O julgamento deve ser rápido, uma vez que a ação perdeu o objeto no início de abril deste ano, quando o próprio CNMP revogou a resolução. Será a confirmação de uma tentativa frustrada de equiparar o teto estadual com o salário dos ministros do Supremo.
O Conselho derrubou a regra reconhecendo que esteve equivocado. O conselheiro Luciano Chagas da Silva, autor da proposta de revogação, argumentou que a remuneração não deveria ser equiparada a do Supremo e sim a da PGR. Ou seja, MP tem de ser comparado com MP e não com a magistratura.
A resolução também já havia sido suspensa por liminar concedida pela relatora da ADI, ministra Cármen Lúcia. Na época, ela acolheu os argumentos do PGR de que a resolução do conselho admitia que o sistema federativo fosse subvertido, transformando regimes jurídicos individualizados em uniformes.
A revogação da resolução pelo próprio Conselho foi estratégica uma vez que não havia esperança de o Plenário do STF validar a resolução.
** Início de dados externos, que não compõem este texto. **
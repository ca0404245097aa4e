//! Displays, as they are told.
ghost use Rattle.std.specs.Prelude.{◌≡◌, ◌+◌, ◌++◌, codes, OnOk};
ghost use Rattle.std.specs.List.{flat_map};
ghost use Rattle.prompt_words.specs.Displays.{readable_text, is_same_reading, reading_before, value_shown, one_shown, more_of_flow, more_of_link, all_shown, item_text, item_shown, display_line, displays_from, undisplayed_line};
ghost use Rattle.debug_session.specs.Readouts.{now_of, was_of};

use crate::readout::Readout;
use breakpoints::{Owner, Reading, Value, ValueOf};
use flow_waits::ScenarioNames;
use prompt_words::{
    DisplayItem, append_behind, append_number, append_reading, is, phase_word, value_name,
    value_unit,
};
use std::alloc::AllocError;

/// The values of a flow behind the first.
static MORE_OF_FLOW: [Value; 8] = [
    Value::Flight,
    Value::Ssthresh,
    Value::Una,
    Value::Nxt,
    Value::Rto,
    Value::Dups,
    Value::Phase,
    Value::Next,
];

/// Those of a link.
static MORE_OF_LINK: [Value; 2] = [Value::Wait, Value::Count];

// Appends a value and whose it is.
fn append_readable(
    out: &mut Vec<u8>,
    names: &ScenarioNames,
    what: ValueOf,
) -> Result<(), AllocError>
    ensures { OnOk result (out.new.items ≡ out.old.items ++ readable_text names.now what) }
{
    out.extend_from_slice(value_name(what.value))?;
    match what.value.owner() {
        Owner::Link => append_behind(out, b" ", &names.links, what.of),
        Owner::Flow | Owner::Nothing => append_behind(out, b" ", &names.flows, what.of),
    }
}

// Whether the same is read.
fn is_same_reading(was: Reading, now: Reading) -> bool
    ensures { result ≡ is_same_reading was now }
{
    match (was, now) {
        (Reading::Number(m), Reading::Number(n)) => m == n,
        (Reading::Phase(p), Reading::Phase(q)) => is(phase_word(p), phase_word(q)),
        (Reading::Nothing, Reading::Nothing) => true,
        _ => false,
    }
}

// Appends what was read before, where that is another.
fn append_before(
    out: &mut Vec<u8>,
    unit: &[u8],
    was: Reading,
    now: Reading,
) -> Result<(), AllocError>
    ensures { OnOk result (out.new.items ≡ out.old.items ++ reading_before unit.now was now) }
{
    if is_same_reading(was, now) {
        Ok(())
    } else {
        out.extend_from_slice(b" (was ")?;
        append_reading(out, unit, was)?;
        out.extend_from_slice(b")")
    }
}

// Appends what is read of a value.
fn append_value(out: &mut Vec<u8>, readout: &Readout<'_>, what: ValueOf) -> Result<(), AllocError>
    ensures { OnOk result (out.new.items ≡ out.old.items ++ value_shown (was_of readout.now) (now_of readout.now) what) }
{
    let now = readout.now(what);
    out.extend_from_slice(b" = ")?;
    append_reading(out, value_unit(what.value), now)?;
    append_before(out, value_unit(what.value), readout.was(what), now)
}

// Appends a value with its name behind a mark.
fn append_one(
    out: &mut Vec<u8>,
    readout: &Readout<'_>,
    mark: &[u8],
    what: ValueOf,
) -> Result<(), AllocError>
    ensures { OnOk result (out.new.items ≡ out.old.items ++ one_shown (was_of readout.now) (now_of readout.now) mark.now what.of what.value) }
{
    out.extend_from_slice(mark)?;
    out.extend_from_slice(value_name(what.value))?;
    append_value(out, readout, what)
}

// Appends more values of the flow or the link of a number.
fn append_more(
    out: &mut Vec<u8>,
    readout: &Readout<'_>,
    values: &[Value],
    of: u16,
) -> Result<(), AllocError>
    ensures { OnOk result (out.new.items ≡ out.old.items ++ flat_map (one_shown (was_of readout.now) (now_of readout.now) (codes ", ") of) values.now) }
{
    for value in values {
        let what = ValueOf { value: *value, of };
        append_one(out, readout, b", ", what)?;
    }
    Ok(())
}

// Appends all values of a flow.
fn append_flow(out: &mut Vec<u8>, readout: &Readout<'_>, of: u16) -> Result<(), AllocError>
    ensures { OnOk result (out.new.items ≡ out.old.items ++ all_shown (was_of readout.now) (now_of readout.now) of Value.Cwnd more_of_flow) }
{
    let first = ValueOf {
        value: Value::Cwnd,
        of,
    };
    append_one(out, readout, b": ", first)?;
    append_more(out, readout, &MORE_OF_FLOW, of)
}

// Appends all values of a link.
fn append_link(out: &mut Vec<u8>, readout: &Readout<'_>, of: u16) -> Result<(), AllocError>
    ensures { OnOk result (out.new.items ≡ out.old.items ++ all_shown (was_of readout.now) (now_of readout.now) of Value.Queue more_of_link) }
{
    let first = ValueOf {
        value: Value::Queue,
        of,
    };
    append_one(out, readout, b": ", first)?;
    append_more(out, readout, &MORE_OF_LINK, of)
}

// Appends what is displayed.
fn append_item(
    out: &mut Vec<u8>,
    names: &ScenarioNames,
    item: DisplayItem,
) -> Result<(), AllocError>
    ensures { OnOk result (out.new.items ≡ out.old.items ++ item_text names.now item) }
{
    match item {
        DisplayItem::Flow(flow) => append_behind(out, b"flow ", &names.flows, flow),
        DisplayItem::Link(link) => append_behind(out, b"link ", &names.links, link),
        DisplayItem::One(what) => append_readable(out, names, what),
    }
}

// Appends its values.
fn append_shown(
    out: &mut Vec<u8>,
    readout: &Readout<'_>,
    item: DisplayItem,
) -> Result<(), AllocError>
    ensures { OnOk result (out.new.items ≡ out.old.items ++ item_shown (was_of readout.now) (now_of readout.now) item) }
{
    match item {
        DisplayItem::Flow(flow) => append_flow(out, readout, flow),
        DisplayItem::Link(link) => append_link(out, readout, link),
        DisplayItem::One(what) => append_value(out, readout, what),
    }
}

/// Appends the line of a display of a number.
pub(crate) fn append_display(
    out: &mut Vec<u8>,
    names: &ScenarioNames,
    readout: &Readout<'_>,
    number: u64,
    item: DisplayItem,
) -> Result<(), AllocError>
    ensures { OnOk result (out.new.items ≡ out.old.items ++ display_line names.now (was_of readout.now) (now_of readout.now) number item) }
{
    out.extend_from_slice(b"display ")?;
    append_number(out, number)?;
    out.extend_from_slice(b": ")?;
    append_item(out, names, item)?;
    append_shown(out, readout, item)?;
    out.extend_from_slice(b"\n")
}

/// Appends a line for each display.
pub(crate) fn append_displays(
    out: &mut Vec<u8>,
    names: &ScenarioNames,
    readout: &Readout<'_>,
    displays: &[DisplayItem],
) -> Result<(), AllocError>
    ensures { OnOk result (out.new.items ≡ out.old.items ++ displays_from names.now (was_of readout.now) (now_of readout.now) 1 displays.now) }
{
    for index in 0..displays.len() {
        append_display(out, names, readout, index as u64 + 1, displays[index])?;
    }
    Ok(())
}

/// Appends that a display is taken away.
pub(crate) fn append_undisplayed(
    out: &mut Vec<u8>,
    names: &ScenarioNames,
    number: u64,
    item: DisplayItem,
) -> Result<(), AllocError>
    ensures { OnOk result (out.new.items ≡ out.old.items ++ undisplayed_line names.now number item) }
{
    out.extend_from_slice(b"undisplayed ")?;
    append_number(out, number)?;
    out.extend_from_slice(b": ")?;
    append_item(out, names, item)?;
    out.extend_from_slice(b"\n")
}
Isso porque, no julgamento da ADI que derrubou o teto da magistratura nos estados, o Supremo já adiantou que a mesma regra não poderia ser aplicada ao Ministério Público.
O relator do pedido da ação proposta pela Associação dos Magistrados Brasileiros (AMB), Cezar Peluso, esclareceu que aquele julgamento não poderia ser aplicado ao caso do teto do Ministério Público porque o Poder Judiciário tem caráter nacional, diferentemente do MP, que não se submete a uma única regra.
Nesta segunda, com o enterro oficializado pelo Supremo, o Conselho pode tentar propor uma nova resolução, em outros moldes e termos que não recaia em contestação de inconstitucionalidade.
ADI 3.831
Maria Fernanda Erdelyi é correspondente da Revista Consultor Jurídico em Brasília.